# Problem:
In the records below, find the lines that include "SiteFault" and copy each.
───── Input for this task ─────
// Why a run ends.
ghost use Rattle.std.specs.Prelude.{◌≡◌};
ghost use Rattle.run_promise.specs.Account.{end_number, end_status};

use record_io::status::{
    DONE, MALFORMED, NO_MEMORY, NO_STATE, SESSION_FULL, SITE_FAULT, SOURCE_FAULT,
};

/// Why `run` ends.
#[derive(Clone, Copy, Debug, PartialEq, Eq)]
pub enum RunEnd {
    /// The whole input was read, and each record was answered.
    Ended,
    /// The input is malformed at this offset; each record before it was answered.
    Malformed(u64),
    /// The source failed; its count of faults.
    SourceFault(u64),
    /// The site failed; its count of faults.
    SiteFault(u64),
    /// Memory ran out.
    NoMemory,
    /// The image shows no state; the offset of the first check that fails.
    NoState(u64),
    /// The history of the run is full.
    SessionFull,
    /// A put failed.
    PutFailed,
}

impl RunEnd {
    /// The status that says so.
    pub fn status(self) -> u8
        ensures { result ≡ end_status self }
    {
        match self {
            RunEnd::Ended => DONE,
            RunEnd::Malformed(_) => MALFORMED,
            RunEnd::SourceFault(_) => SOURCE_FAULT,
            RunEnd::SiteFault(_) | RunEnd::PutFailed => SITE_FAULT,
            RunEnd::NoMemory => NO_MEMORY,
            RunEnd::NoState(_) => NO_STATE,
            RunEnd::SessionFull => SESSION_FULL,
        }
    }

    /// The offset or the count of faults; 0 where there is none.
    pub fn number(self) -> u64
        ensures { result ≡ end_number self }
    {
        match self {
            RunEnd::Malformed(number)
            | RunEnd::SourceFault(number)
            | RunEnd::SiteFault(number)
            | RunEnd::NoState(number) => number,
            RunEnd::Ended | RunEnd::NoMemory | RunEnd::SessionFull | RunEnd::PutFailed => 0,
        }
    }
}

/// The most entries of a run.
pub const MOST_ENTRIES: usize = 1_048_576;
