impl<'a> OutlineBuilder<'a> {
    /// A new variable. More variables than a `u32` can number are want of memory.
    fn fresh(&mut self) -> Result<u32, Memory> {
        let number = self.next;
        let Some(next) = number.checked_add(1) else {
            return Err(Memory);
        };
        self.next = next;
        Ok(number)
    }

    /// The arguments of the head. A variable that was not met before in the head is the argument itself; for another
    /// argument there is a new variable, and the goal that unifies it with the argument.
    fn head(&mut self, arguments: &'a Args0, variables: u32) -> Result<Vec<u32>, Memory> {
        let mut head = Vec::with_capacity(self.alloc, arguments.len())?;
        let mut met = vec![in self.alloc; false; variables as usize]?;
        for argument in arguments.as_slice() {
            let variable = self.head_argument(argument, &mut met)?;
            head.push(variable)?;
        }
        Ok(head)
    }

    fn head_argument(&mut self, argument: &'a Term, met: &mut Vec<bool>) -> Result<u32, Memory> {
        if let Term::Var(number) = argument {
            if !is_met(met, *number) {
                meet(met, *number);
                return Ok(*number);
            }
        }
        let variable = self.fresh()?;
        let first = self.occurrences.len();
        self.unify(variable, argument)?;
        if let Some(new) = self.occurrences.get(first..) {
            for number in new {
                meet(met, *number);
            }
        }
        Ok(variable)
    }

    /// Puts the items of a goal at the end. It goes as deep as the goal, which is at most 8,192 deep where it was read.
    #[cycle(outline)]
    fn goal(&mut self, goal: &'a Goal) -> Result<(), Memory> {
        match goal {
            Goal::True => Ok(()),
            Goal::Fail => self.put_fail(),
            Goal::Cut => self.put_cut(),
            Goal::And(first, second) => {
                self.goal(first.get())?;
                self.goal(second.get())
            }
            Goal::Or(first, others) => {
                let open = self.open(ItemKind::Auxiliary(AuxiliaryKind::Construct))?;
                self.alternatives(first.get(), others.get())?;
                self.close(open);
                Ok(())
            }
            Goal::IfThen(condition, then) => {
                let open = self.open(ItemKind::Auxiliary(AuxiliaryKind::Construct))?;
                self.if_then(condition.get(), then.get())?;
                self.close(open);
                Ok(())
            }
            Goal::Not(negated) => self.negation(negated.get()),
            Goal::Catch(guarded, catcher, recovery) => {
                self.catch(guarded.get(), catcher, recovery.get())
            }
            Goal::Throw(ball) => self.throw(ball),
            Goal::Builtin(builtin, arguments) => self.builtin(*builtin, arguments.as_slice()),
            Goal::Call(name, arguments) => self.call(*name, arguments.as_slice()),
        }
    }

    /// The clauses of a chain of `;`, whose right sides are alternatives of the same predicate.
    #[cycle(outline)]
    fn alternatives(&mut self, first: &'a Goal, others: &'a Goal) -> Result<(), Memory> {
        self.alternative(first)?;
        match others {
            Goal::Or(second, rest) => self.alternatives(second.get(), rest.get()),
            last => self.alternative(last),
        }
    }

    #[cycle(outline)]
    fn alternative(&mut self, goal: &'a Goal) -> Result<(), Memory> {
        match goal {
            Goal::IfThen(condition, then) => self.if_then(condition.get(), then.get()),
            other => {
                let open = self.open(ItemKind::Clause)?;
                self.goal(other)?;
                self.close(open);
                Ok(())
            }
        }
    }

    /// The clause of a condition: it, a cut, and what follows.
    #[cycle(outline)]
    fn if_then(&mut self, condition: &'a Goal, then: &'a Goal) -> Result<(), Memory> {
        let open = self.open(ItemKind::Clause)?;
        self.local(condition)?;
        self.put_commit()?;
        self.goal(then)?;
        self.close(open);
        Ok(())
    }

    /// The clauses of a negated goal: it, a cut and a failure, and one without goals.
    #[cycle(outline)]
    fn negation(&mut self, negated: &'a Goal) -> Result<(), Memory> {
        let open = self.open(ItemKind::Auxiliary(AuxiliaryKind::Construct))?;
        let clause = self.open(ItemKind::Clause)?;
        self.local(negated)?;
        self.put_commit()?;
        self.put_fail()?;
        self.close(clause);
        self.put_empty_clause()?;
        self.close(open);
        Ok(())
    }

    /// A goal whose cuts are its own. With one, it is an auxiliary predicate of one clause.
    #[cycle(outline)]
    fn local(&mut self, goal: &'a Goal) -> Result<(), Memory> {
        let outer = self.open(ItemKind::Inlined)?;
        let inner = self.open(ItemKind::Inlined)?;
        self.goal(goal)?;
        let cuts = self.cuts;
        self.close(inner);
        self.close(outer);
        if cuts {
            self.set_kind(outer, ItemKind::Auxiliary(AuxiliaryKind::Local));
            self.set_kind(inner, ItemKind::Clause);
        }
        self.cuts = outer.cuts;
        Ok(())
    }

    /// The one clause of a guarded goal, whose goal stands for two calls: of the guarded goal's predicate, whose cuts are its
    /// own, and of the handler.
    #[cycle(outline)]
    fn catch(
        &mut self,
        guarded: &'a Goal,
        catcher: &'a Term,
        recovery: &'a Goal,
    ) -> Result<(), Memory> {
        let open = self.open(ItemKind::Auxiliary(AuxiliaryKind::Construct))?;
        let clause = self.open(ItemKind::Clause)?;
        self.guarded(guarded)?;
        self.handler(catcher, recovery)?;
        self.close(clause);
        self.close(open);
        Ok(())
    }

    #[cycle(outline)]
    fn guarded(&mut self, goal: &'a Goal) -> Result<(), Memory> {
        let open = self.open(ItemKind::Auxiliary(AuxiliaryKind::Guarded))?;
        let clause = self.open(ItemKind::Clause)?;
        self.goal(goal)?;
        self.close(clause);
        self.close(open);
        self.cuts = open.cuts;
        Ok(())
    }

    /// The clauses of a handler, whose first argument is the ball: one for a ball that the catcher fits, and one that throws it again.
    #[cycle(outline)]
    fn handler(&mut self, catcher: &'a Term, recovery: &'a Goal) -> Result<(), Memory> {
        let ball = self.fresh()?;
        let open = self.open(ItemKind::Auxiliary(AuxiliaryKind::Handler(ball)))?;
        let clause = self.open(ItemKind::Clause)?;
        self.note(catcher)?;
        self.unify(ball, catcher)?;
        self.put_commit()?;
        self.local(recovery)?;
        self.close(clause);
        let clause = self.open(ItemKind::Clause)?;
        self.put_variables(ItemKind::ThrowAgain(ball), &[ball])?;
        self.close(clause);
        self.close(open);
        Ok(())
    }

    /// A call: a compound argument is unified with a new variable before it.
    fn call(&mut self, name: Atom, arguments: &'a [Term]) -> Result<(), Memory> {
        self.note_all(arguments)?;
        let placed = self.placed(arguments)?;
        self.put_variables(ItemKind::Call(name, arguments), placed.as_slice())
    }

    fn builtin(&mut self, builtin: Builtin, arguments: &'a [Term]) -> Result<(), Memory> {
        if builtin != Builtin::NotUnify {
            self.note_all(arguments)?;
        }
        match (builtin, arguments) {
            (Builtin::Unify, [left, right]) => self.unify_terms(left, right),
            (Builtin::NotUnify, [left, right]) => self.not_unify(left, right),
            (Builtin::Is, [value, expression]) => { self.evaluation(value, expression, arguments) }
            (
                Builtin::NumberEqual
                | Builtin::NumberNotEqual
                | Builtin::Less
                | Builtin::AtMost
                | Builtin::Greater
                | Builtin::AtLeast,
                _,
            ) => self.comparison(builtin, arguments),
            _ => {
                let placed = self.placed(arguments)?;
                self.put_variables(ItemKind::Builtin(builtin, arguments), placed.as_slice())
            }
        }
    }

    /// `left = right`, with a variable on the left. Where neither side is one, both are unified with a new variable.
    fn unify_terms(&mut self, left: &'a Term, right: &'a Term) -> Result<(), Memory> {
        match (left, right) {
            (Term::Var(number), _) => self.unify(*number, right),
            (_, Term::Var(number)) => self.unify(*number, left),
            _ => {
                let variable = self.fresh()?;
                self.unify(variable, left)?;
                self.unify(variable, right)
            }
        }
    }

    /// `left \= right` as the negation of `left = right`.
    fn not_unify(&mut self, left: &'a Term, right: &'a Term) -> Result<(), Memory> {
        let open = self.open(ItemKind::Auxiliary(AuxiliaryKind::Construct))?;
        let clause = self.open(ItemKind::Clause)?;
        self.note(left)?;
        self.note(right)?;
        self.unify_terms(left, right)?;
        self.put_commit()?;
        self.put_fail()?;
        self.close(clause);
        self.put_empty_clause()?;
        self.close(open);
        Ok(())
    }

    /// `value is expression`, whose expression stays a term.
    fn evaluation(
        &mut self,
        value: &'a Term,
        expression: &'a Term,
        arguments: &'a [Term],
    ) -> Result<(), Memory> {
        let placed = self.place(value)?;
        let first = self.occurrences.len();
        let mut nodes = 0;
        if let Some(number) = placed {
            self.occurrences.push(number)?;
            nodes = 1;
        }
        let more = self.occur(expression)?;
        let kind = ItemKind::Builtin(Builtin::Is, arguments);
        self.put(kind, first, more.saturating_add(nodes))
    }

    /// A comparison of numbers, whose sides stay terms.
    fn comparison(&mut self, builtin: Builtin, sides: &'a [Term]) -> Result<(), Memory> {
        let first = self.occurrences.len();
        let mut nodes = 0u64;
        for side in sides {
            nodes = nodes.saturating_add(self.occur(side)?);
        }
        self.put(ItemKind::Builtin(builtin, sides), first, nodes)
    }

    /// The variables of arguments: their own, and a new one for each compound.
    fn placed(&mut self, arguments: &'a [Term]) -> Result<Vec<u32>, Memory> {
        let mut placed = Vec::with_capacity(self.alloc, arguments.len())?;
        for argument in arguments {
            if let Some(number) = self.place(argument)? {
                placed.push(number)?;
            }
        }
        Ok(placed)
    }

    /// The variable of an argument, or none for a constant. A compound is unified with a new one.
    fn place(&mut self, argument: &'a Term) -> Result<Option<u32>, Memory> {
        match argument {
            Term::Var(number) => Ok(Some(*number)),
            Term::Int(_) | Term::Atom(_) => Ok(None),
            Term::Compound(_, _) => {
                let variable = self.fresh()?;
                self.unify(variable, argument)?;
                Ok(Some(variable))
            }
        }
    }

    /// The goal `variable = term`.
    fn unify(&mut self, variable: u32, term: &'a Term) -> Result<(), Memory> {
        let first = self.occurrences.len();
        self.occurrences.push(variable)?;
        let nodes = self.occur(term)?;
        self.put(
            ItemKind::Unify(variable, term),
            first,
            nodes.saturating_add(1),
        )
    }

    /// Notes the variables of terms of the text, in their order.
    fn note_all(&mut self, terms: &[Term]) -> Result<(), Memory> {
        for term in terms {
            self.note(term)?;
        }
        Ok(())
    }

    /// Notes the variables of a term of the text. Where no auxiliary predicate is open, nobody asks for them.
    fn note(&mut self, term: &Term) -> Result<(), Memory> {
        if self.depth > 1 {
            occur(&mut self.text, term)?;
        }
        Ok(())
    }

    /// Puts the variables of a term at the end of the occurrences, and gives the number of its nodes that hold one.
    fn occur(&mut self, term: &Term) -> Result<u64, Memory> {
        occur(&mut self.occurrences, term)
    }

    /// A throw of a term, which stays where it is.
    fn throw(&mut self, ball: &'a Term) -> Result<(), Memory> {
        self.note(ball)?;
        let first = self.occurrences.len();
        let nodes = self.occur(ball)?;
        self.put(ItemKind::Throw(ball), first, nodes)
    }

    /// A goal with these variables, each a node.
    fn put_variables(&mut self, kind: ItemKind<'a>, variables: &[u32]) -> Result<(), Memory> {
        let first = self.occurrences.len();
        self.occurrences.extend_from_slice(variables)?;
        self.put(kind, first, variables.len() as u64)
    }

    fn put_fail(&mut self) -> Result<(), Memory> {
        let first = self.occurrences.len();
        self.put(ItemKind::Fail, first, 0)
    }

    fn put_commit(&mut self) -> Result<(), Memory> {
        let first = self.occurrences.len();
        self.put(ItemKind::Commit, first, 0)
    }

    fn put_cut(&mut self) -> Result<(), Memory> {
        self.cuts = true;
        let first = self.occurrences.len();
        self.put(ItemKind::Cut, first, 0)
    }

    fn put_empty_clause(&mut self) -> Result<(), Memory> {
        let first = self.occurrences.len();
        self.put(ItemKind::Clause, first, 0)
    }

    /// Puts an item at the end, whose variables are those from `first` on.
    fn put(&mut self, kind: ItemKind<'a>, first: usize, nodes: u64) -> Result<(), Memory> {
        let last = self.occurrences.len();
        self.items.push(Item {
            kind,
            inside: 0,
            first,
            last,
            text_first: self.text.len(),
            text_last: self.text.len(),
            cuts: false,
            nodes,
        })?;
        Ok(())
    }

    /// Opens a group: what is put from now on is inside.
    fn open(&mut self, kind: ItemKind<'a>) -> Result<OpenGroup, Memory> {
        let open = OpenGroup {
            at: self.items.len(),
            cuts: self.cuts,
        };
        let first = self.occurrences.len();
        self.put(kind, first, 0)?;
        self.cuts = false;
        self.depth = self.depth.saturating_add(1);
        Ok(open)
    }

    /// Closes a group. A cut in it is one of the group around it too.
    fn close(&mut self, open: OpenGroup) {
        let after = self.items.len();
        if let Some(item) = self.items.get_mut(open.at) {
            item.inside = after.saturating_sub(open.at).saturating_sub(1);
            item.last = self.occurrences.len();
            item.text_last = self.text.len();
            item.cuts = self.cuts;
        }
        self.depth = self.depth.saturating_sub(1);
        self.cuts = self.cuts || open.cuts;
    }

    fn set_kind(&mut self, open: OpenGroup, kind: ItemKind<'a>) {
        if let Some(item) = self.items.get_mut(open.at) {
            item.kind = kind;
        }
    }
}
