ghost use Rattle.std.specs.Prelude.{◌≡◌};
ghost use Rattle.source_program.specs.declared.form_fault.FormFault.TheVariants as fault;
ghost use Rattle.source_program.specs.FormFault.{fault_of};

use aq_base::refusal::FormKind;
use aq_term::memory::Memory;
use dcg_rules::fault::DcgFault;
use std::alloc::{AllocError, AllocFailed};
use thiserror::Error;

/// Why a term is no clause of the language.
#[derive(Clone, Copy, Debug, PartialEq, Eq, Error)]
pub enum FormFault {
    #[error("form")]
    Form(FormKind),
    #[error("out of memory")]
    Memory,
}

impl From<Memory> for FormFault {
    ghost from_gives = { λ _ e. e ≡ fault.Memory };

    fn from(_error: Memory) -> FormFault {
        FormFault::Memory
    }
}

impl From<AllocError> for FormFault {
    ghost from_gives = { λ _ e. e ≡ fault.Memory };

    fn from(_error: AllocError) -> FormFault {
        FormFault::Memory
    }
}

impl<T: Drop> From<AllocFailed<T>> for FormFault {
    ghost from_gives = { λ _ e. e ≡ fault.Memory };

    fn from(_failed: AllocFailed<T>) -> FormFault {
        FormFault::Memory
    }
}

/// A grammar rule without a clause: its head or its body is at fault.
impl From<DcgFault> for FormFault {
    ghost from_gives = { λ f e. e ≡ fault_of f };

    fn from(fault: DcgFault) -> FormFault {
        match fault {
            DcgFault::Head => FormFault::Form(FormKind::Head),
            DcgFault::Body => FormFault::Form(FormKind::Body),
            DcgFault::Memory => FormFault::Memory,
        }
    }
}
─────
# Exercise solution:
    SiteFault(u64),
            RunEnd::SiteFault(_) | RunEnd::PutFailed => SITE_FAULT,
            | RunEnd::SiteFault(number)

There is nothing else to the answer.